The task: Nothing but the lines from the start of the entries through the line containing "(lua_resume of ldo.c)." should appear in the answer, each given exactly.

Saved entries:
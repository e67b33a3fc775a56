//! Whether the code of the prelude keeps its environment to itself. The definitions stand in `specs/`.
#![tactic(auto)]

mod apart;
mod guard;
mod held;

pub use guard::all_guarded;
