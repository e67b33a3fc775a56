// Another coroutine runs, and the one that ran waits for it (lua_resume of ldo.c).
ghost use Rattle.std.specs.Prelude.{◌≡◌, ℕ, ◌<◌, [], List, Some, length, slice_get, vec_capacity};
ghost use Rattle.machine_core.specs.World.{Frame, in_progress, suspended};
ghost use Rattle.lua_stack.specs.Frames.{KeptStack, frames};
ghost use Rattle.lua_heap.specs.declared.world.Coro.TheVariants.{Suspended};
ghost use Rattle.lua_heap.specs.Cells.{CellsAreListed, open_cells_in};
ghost use Rattle.lua_heap.specs.Plain.{coroutine};
ghost use Rattle.lua_heap.specs.Reading.{value as meant};
ghost use Rattle.move_laws.specs.Memory.{HasStack};
ghost use Rattle.lib_coroutine.specs.Resuming.{GoesInto, IsFresh, IsSuspended};

use lua_heap::{Coro, World};
use lua_stack::Stack;
use std::mem;
use table_core::CoroId;

/// The running coroutine waits, and one that has yielded runs.
pub(crate) fn run_suspended(world: &mut World, co: CoroId)
    requires running { HasStack world.old }
    requires suspended { IsSuspended world.old co }
    requires room { length world.old.chain.items < vec_capacity world.old.chain }
    ensures goes { (stack : KeptStack) → slice_get world.old.coros.objects co.0 ≡ Some (Suspended stack) → GoesInto world.old world.new co.0 (frames (meant world.old.strings) stack) }
    ensures running { HasStack world.new }
    ensures listed { CellsAreListed world.old → CellsAreListed world.new }
    ensures rest { world.new ≡ record world.old { coros = world.new.coros; chain = world.new.chain } }
{
    world.wait_for_another();
    world.chain.push_reserved(co);
    wake(world.coros.get_mut(co.0));
}

/// The running coroutine waits, and one that has not begun runs, with a stack in which no cell is open.
pub(crate) fn run_fresh(world: &mut World, co: CoroId, stack: Stack)
    requires running { HasStack world.old }
    requires fresh { IsFresh world.old co }
    requires room { length world.old.chain.items < vec_capacity world.old.chain }
    requires closed { stack.open_cells ≡ [] }
    ensures goes { GoesInto world.old world.new co.0 (frames (meant world.old.strings) stack) }
    ensures running { HasStack world.new }
    ensures listed { CellsAreListed world.old → CellsAreListed world.new }
    ensures rest { world.new ≡ record world.old { coros = world.new.coros; chain = world.new.chain } }
{
    world.put_coroutine(co, Coro::Suspended(stack));
    run_suspended(world, co);
}

/// A coroutine that has yielded runs.
fn wake(coro: &mut Coro)
    ensures runs { (texts : List (List ℕ)) (fs : List Frame) → coroutine texts coro.old ≡ suspended fs → coroutine texts coro.new ≡ in_progress fs }
    ensures cells { open_cells_in coro.new ≡ open_cells_in coro.old }
{
    match mem::replace(coro, Coro::Dead) {
        Coro::Suspended(stack) => *coro = Coro::Running(stack),
        other => *coro = other,
    }
}
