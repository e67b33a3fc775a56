// Coroutines that are resumed (luaB_coresume and auxresume of lcorolib.c, lua_resume of ldo.c).
ghost use Rattle.std.specs.Prelude.{◌≡◌, ◌≤◌, [], drop, length, IfOk, OnErr};
ghost use Rattle.int_core.specs.Limits.{greatest_resumes};
ghost use Rattle.int_core.specs.Value.{a_coroutine, greatest_string, object};
ghost use Rattle.lua_heap.specs.declared.world.Coro.TheVariants.{Fresh};
ghost use Rattle.machine_core.specs.MachineStep.{resume_row};
ghost use Rattle.move_laws.specs.Memory.{HasStack, InOrder, IsSound, Leads, ReadsSame};
ghost use Rattle.machine_moves.specs.Ending.{ending_of};
ghost use Rattle.lib_coroutine.specs.Arguments.{FirstIs, IsCalledOn};
ghost use Rattle.lib_coroutine.specs.Resuming.{IsRefused, IsSuspended, resumption_of};

use crate::beginning::begin;
use crate::switching::run_suspended;
use lua_heap::{Coro, World};
use machine_moves::{Ending, give_values, hand_over};
use std::alloc::AllocError;
use table_core::{CoroId, Value};

/// How many coroutines may have resumed each other, beside the main one.
const GREATEST_RESUMES: usize = 200;

/// What comes of resuming a coroutine.
#[derive(Debug, Clone, Copy, PartialEq, Eq)]
enum Resumption {
    /// It begins with its body.
    Begins(Value),
    /// It goes on where it has yielded.
    GoesOn,
    /// As many have resumed each other as may.
    TooMany,
    /// It runs, or has resumed another.
    NotSuspended,
    Dead,
}

/// Resumes a coroutine.
pub(crate) fn resume_coroutine(world: &mut World, co: CoroId) -> Result<Ending, AllocError>
    requires { IsCalledOn world.old co }
    ensures leads { IfOk result (λ ending. Leads resume_row [] world.old world.new (ending_of ending)) }
    ensures order { InOrder world.new }
    ensures err { OnErr result (ReadsSame world.old world.new) }
{
    match outcome_of(world.coros.get(co.0), world.chain.len()) {
        Resumption::Begins(body) => begin(world, co, body),
        Resumption::GoesOn => go_on(world, co),
        Resumption::TooMany => answer_refusal(world, co, b"too many nested resumes"),
        Resumption::NotSuspended => {
            answer_refusal(world, co, b"cannot resume non-suspended coroutine")
        }
        Resumption::Dead => answer_refusal(world, co, b"cannot resume dead coroutine"),
    }
}

/// What comes of resuming a coroutine, where so many have resumed each other.
fn outcome_of(coro: &Coro, resumed: usize) -> Resumption
    ensures { result ≡ resumption_of coro.now resumed }
{
    match coro {
        Coro::Running(_) => Resumption::NotSuspended,
        Coro::Normal(_) => Resumption::NotSuspended,
        Coro::Dead => Resumption::Dead,
        Coro::Failed { .. } => Resumption::Dead,
        Coro::Fresh(_) if resumed > GREATEST_RESUMES => Resumption::TooMany,
        Coro::Fresh(body) => Resumption::Begins(*body),
        Coro::Suspended(_) if resumed > GREATEST_RESUMES => Resumption::TooMany,
        Coro::Suspended(_) => Resumption::GoesOn,
    }
}

/// A coroutine that has yielded goes on with the arguments.
fn go_on(world: &mut World, co: CoroId) -> Result<Ending, AllocError>
    requires sound { IsSound world.old }
    requires running { HasStack world.old }
    requires first { FirstIs world.old (object a_coroutine co.0) }
    requires suspended { IsSuspended world.old co }
    requires few { length world.old.chain.items ≤ greatest_resumes }
    ensures leads { IfOk result (λ ending. Leads resume_row [] world.old world.new (ending_of ending)) }
    ensures order { InOrder world.new }
    ensures err { OnErr result (ReadsSame world.old world.new) }
{
    world.chain.reserve(1)?;
    run_suspended(world, co);
    drop_first(&mut world.moving);
    Ok(hand_over(world))
}

/// Takes the first value away, if there is one.
fn drop_first(values: &mut Vec<Value>)
    ensures { values.new.items ≡ drop 1 values.old.items }
{
    if values.is_empty() {
        return;
    }
    values.remove(0);
}

/// A coroutine that cannot be resumed: the answer is false, and why.
fn answer_refusal(world: &mut World, co: CoroId, text: &'static [u8]) -> Result<Ending, AllocError>
    requires sound { IsSound world.old }
    requires running { HasStack world.old }
    requires first { FirstIs world.old (object a_coroutine co.0) }
    requires refused { IsRefused world.old co text.now }
    requires short { length text.now ≤ greatest_string }
    ensures leads { IfOk result (λ ending. Leads resume_row [] world.old world.new (ending_of ending)) }
    ensures order { InOrder world.new }
    ensures err { OnErr result (world.new ≡ world.old) }
{
    let mut answer = Vec::with_capacity(world.alloc, 2)?;
    let reason = world.intern(text)?;
    answer.push_reserved(Value::Bool(false));
    answer.push_reserved(Value::Str(reason));
    give_values(world, answer);
    Ok(hand_over(world))
}

/// The values behind the first one.
pub(crate) fn behind_first(values: &[Value]) -> &[Value]
    ensures { result.now ≡ drop 1 values.now }
{
    values.get(1..).unwrap_or_default()
}
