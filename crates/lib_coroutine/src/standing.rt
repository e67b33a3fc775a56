// How coroutines stand (luaB_costatus of lcorolib.c).
ghost use Rattle.std.specs.Prelude.{◌≡◌, ◌≤◌, [], length, IfOk, OnErr};
ghost use Rattle.int_core.specs.Value.{greatest_string};
ghost use Rattle.machine_core.specs.MachineStep.{status_row, status_word};
ghost use Rattle.move_laws.specs.Memory.{InOrder, Leads};
ghost use Rattle.machine_moves.specs.Ending.{ending_of};
ghost use Rattle.machine_coroutines.specs.Standing.{status_in};
ghost use Rattle.lib_coroutine.specs.Arguments.{IsCalledOn};

use lua_heap::World;
use machine_coroutines::{Status, see_status};
use machine_moves::{Ending, give_values, hand_over};
use std::alloc::AllocError;
use table_core::{CoroId, Value};

/// Answers how a coroutine stands.
pub(crate) fn answer_status(world: &mut World, co: CoroId) -> Result<Ending, AllocError>
    requires { IsCalledOn world.old co }
    ensures leads { IfOk result (λ ending. Leads status_row [] world.old world.new (ending_of ending)) }
    ensures order { InOrder world.new }
    ensures err { OnErr result (world.new ≡ world.old) }
{
    let mut answer = Vec::with_capacity(world.alloc, 1)?;
    let word = world.intern(word_of(see_status(world, co)))?;
    answer.push_reserved(Value::Str(word));
    give_values(world, answer);
    Ok(hand_over(world))
}

/// The word for it.
fn word_of(status: Status) -> &'static [u8]
    ensures word { result.now ≡ status_word (status_in status) }
    ensures short { length result.now ≤ greatest_string }
{
    match status {
        Status::Suspended => b"suspended",
        Status::Running => b"running",
        Status::Normal => b"normal",
        Status::Dead => b"dead",
    }
}
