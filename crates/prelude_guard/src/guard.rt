// Whether the prelude's functions keep the environment to themselves.
ghost use Rattle.std.specs.Prelude.{◌≡◌, length, nat_eq};
ghost use Rattle.std.specs.List.{list_all};
ghost use Rattle.code_core.specs.declared.proto.UpDesc.{UpDesc};
ghost use Rattle.code_core.specs.Prototype.{list_of};
ghost use Rattle.prelude_guard.specs.Checks as checks;

use crate::apart::code_is_apart;
use code_core::{Proto, UpDesc};

/// Whether an upvalue is a register of the enclosing function.
fn in_stack(upvalue: &UpDesc) -> bool
    ensures { result ≡ upvalue.now.in_stack }
{
    upvalue.in_stack
}

/// Whether upvalues are registers of the enclosing function.
fn all_in_stack(upvalues: &[UpDesc]) -> bool
    ensures { result ≡ list_all (λ (u : UpDesc). u.in_stack) upvalues.now }
{
    upvalues.iter().all(|upvalue| in_stack(upvalue))
}

/// The functions that are defined in one.
fn inner_of(proto: &Proto) -> &[Proto]
    ensures { result.now ≡ list_of proto.now.inner }
{
    &proto.protos
}

/// Whether no function is defined in one.
fn makes_none(proto: &Proto) -> bool
    ensures { result ≡ nat_eq (length (list_of proto.now.inner)) 0 }
{
    inner_of(proto).len() == 0
}

/// Whether a function that another one makes shares only registers with it, makes none itself, and keeps the environment to itself.
fn inner_is_apart(outer: &Proto, own: &Proto) -> bool
    ensures { result ≡ checks.inner_is_apart outer.now own.now }
{
    all_in_stack(&own.upvalues) && (makes_none(own) && code_is_apart(outer, own, true))
}

/// The same of all functions that one makes.
fn all_inner(outer: &Proto, protos: &[Proto]) -> bool
    ensures { result ≡ list_all (checks.inner_is_apart outer.now) protos.now }
{
    protos.iter().all(|own| inner_is_apart(outer, own))
}

/// Whether a function of the prelude keeps the environment to itself.
fn is_guarded(proto: &Proto) -> bool
    ensures { result ≡ checks.is_guarded proto.now }
{
    code_is_apart(proto, proto, false) && all_inner(proto, inner_of(proto))
}

/// The same of functions.
fn each_guarded(protos: &[Proto]) -> bool
    ensures { result ≡ list_all checks.is_guarded protos.now }
{
    protos.iter().all(|proto| is_guarded(proto))
}

/// Whether all functions that are defined in the prelude's text keep the environment to themselves.
pub fn all_guarded(prelude: &Proto) -> bool
    ensures { result ≡ checks.all_guarded prelude.now }
{
    each_guarded(inner_of(prelude))
}
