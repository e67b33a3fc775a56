// The functions of `coroutine` but that which yields (lcorolib.c; Lua 5.4 manual, 6.2).
ghost use Rattle.std.specs.Prelude.{◌≡◌, [], IfOk, OnErr};
ghost use Rattle.machine_core.specs.MachineStep.{close_row, create_row, resume_row, running_row, status_row, yieldable_row};
ghost use Rattle.move_laws.specs.Memory.{HasStack, InOrder, IsSound, Leads, ReadsSame};
ghost use Rattle.machine_moves.specs.Ending.{ending_of};

use crate::closing::close_coroutine;
use crate::refusing::{can_be_called, coroutine_of, refuse};
use crate::resuming::resume_coroutine;
use crate::standing::answer_status;
use int_core::Allocated;
use lua_heap::World;
use machine_coroutines::{first_of, see_running};
use machine_moves::{Ending, give_values, hand_over};
use table_core::Value;

/// The row of `coroutine.create`: a new coroutine, with the first argument as its body, which must be a function. A refusal changes nothing.
pub fn create(world: &mut World) -> Allocated<Ending>
    requires sound { IsSound world.old }
    requires running { HasStack world.old }
    ensures leads { IfOk result (λ ending. Leads create_row [] world.old world.new (ending_of ending)) }
    ensures order { InOrder world.new }
    ensures err { OnErr result (world.new ≡ world.old) }
{
    let body = first_of(&world.moving);
    if !can_be_called(body) {
        return refuse(world, b"create", b"function", body);
    }
    let mut answer = Vec::with_capacity(world.alloc, 1)?;
    let made = machine_coroutines::create(world, body)?;
    answer.push_reserved(Value::Coro(made));
    give_values(world, answer);
    Ok(hand_over(world))
}

/// The row of `coroutine.resume`: the first argument runs, and gets the others; where it cannot be resumed, the answer is false and the reason
/// (Lua 5.4 manual, 6.2). Where memory is wanting, the machine's world is as before.
pub fn resume(world: &mut World) -> Allocated<Ending>
    requires sound { IsSound world.old }
    requires running { HasStack world.old }
    ensures leads { IfOk result (λ ending. Leads resume_row [] world.old world.new (ending_of ending)) }
    ensures order { InOrder world.new }
    ensures err { OnErr result (ReadsSame world.old world.new) }
{
    let first = first_of(&world.moving);
    match coroutine_of(first) {
        Some(co) => resume_coroutine(world, co),
        None => refuse(world, b"resume", b"coroutine", first),
    }
}

/// The row of `coroutine.status`: a word says how a coroutine stands. A refusal changes nothing.
pub fn status(world: &mut World) -> Allocated<Ending>
    requires sound { IsSound world.old }
    requires running { HasStack world.old }
    ensures leads { IfOk result (λ ending. Leads status_row [] world.old world.new (ending_of ending)) }
    ensures order { InOrder world.new }
    ensures err { OnErr result (world.new ≡ world.old) }
{
    let first = first_of(&world.moving);
    match coroutine_of(first) {
        Some(co) => answer_status(world, co),
        None => refuse(world, b"status", b"coroutine", first),
    }
}

/// The row of `coroutine.running`: the coroutine that runs, and that it is not the main one, since a script's main coroutine may yield too.
/// A refusal changes nothing.
pub fn running(world: &mut World) -> Allocated<Ending>
    requires order { InOrder world.old }
    requires running { HasStack world.old }
    ensures leads { IfOk result (λ ending. Leads running_row [] world.old world.new (ending_of ending)) }
    ensures order { InOrder world.new }
    ensures err { OnErr result (world.new ≡ world.old) }
{
    let mut answer = Vec::with_capacity(world.alloc, 2)?;
    answer.push_reserved(Value::Coro(see_running(world)));
    answer.push_reserved(Value::Bool(false));
    give_values(world, answer);
    Ok(hand_over(world))
}

/// The row of `coroutine.isyieldable`: every coroutine may yield. A refusal changes nothing.
pub fn is_yieldable(world: &mut World) -> Allocated<Ending>
    requires order { InOrder world.old }
    requires running { HasStack world.old }
    ensures leads { IfOk result (λ ending. Leads yieldable_row [] world.old world.new (ending_of ending)) }
    ensures order { InOrder world.new }
    ensures err { OnErr result (world.new ≡ world.old) }
{
    let mut answer = Vec::with_capacity(world.alloc, 1)?;
    answer.push_reserved(Value::Bool(true));
    give_values(world, answer);
    Ok(hand_over(world))
}

/// The row of `coroutine.close`: a coroutine that waits is dead, and its variables are closed, the last one first. A refusal changes nothing.
pub fn close(world: &mut World) -> Allocated<Ending>
    requires sound { IsSound world.old }
    requires running { HasStack world.old }
    ensures leads { IfOk result (λ ending. Leads close_row [] world.old world.new (ending_of ending)) }
    ensures order { InOrder world.new }
    ensures err { OnErr result (world.new ≡ world.old) }
{
    let first = first_of(&world.moving);
    match coroutine_of(first) {
        Some(co) => close_coroutine(world, co),
        None => refuse(world, b"close", b"coroutine", first),
    }
}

Answer section:
repository e67b33a3fc775a56
//! Whether the code of the prelude keeps its environment to itself. The definitions stand in `specs/`.
#![tactic(auto)]

mod apart;
mod guard;
mod held;

pub use guard::all_guarded;
repository e67b33a3fc775a56
// Another coroutine runs, and the one that ran waits for it (lua_resume of ldo.c).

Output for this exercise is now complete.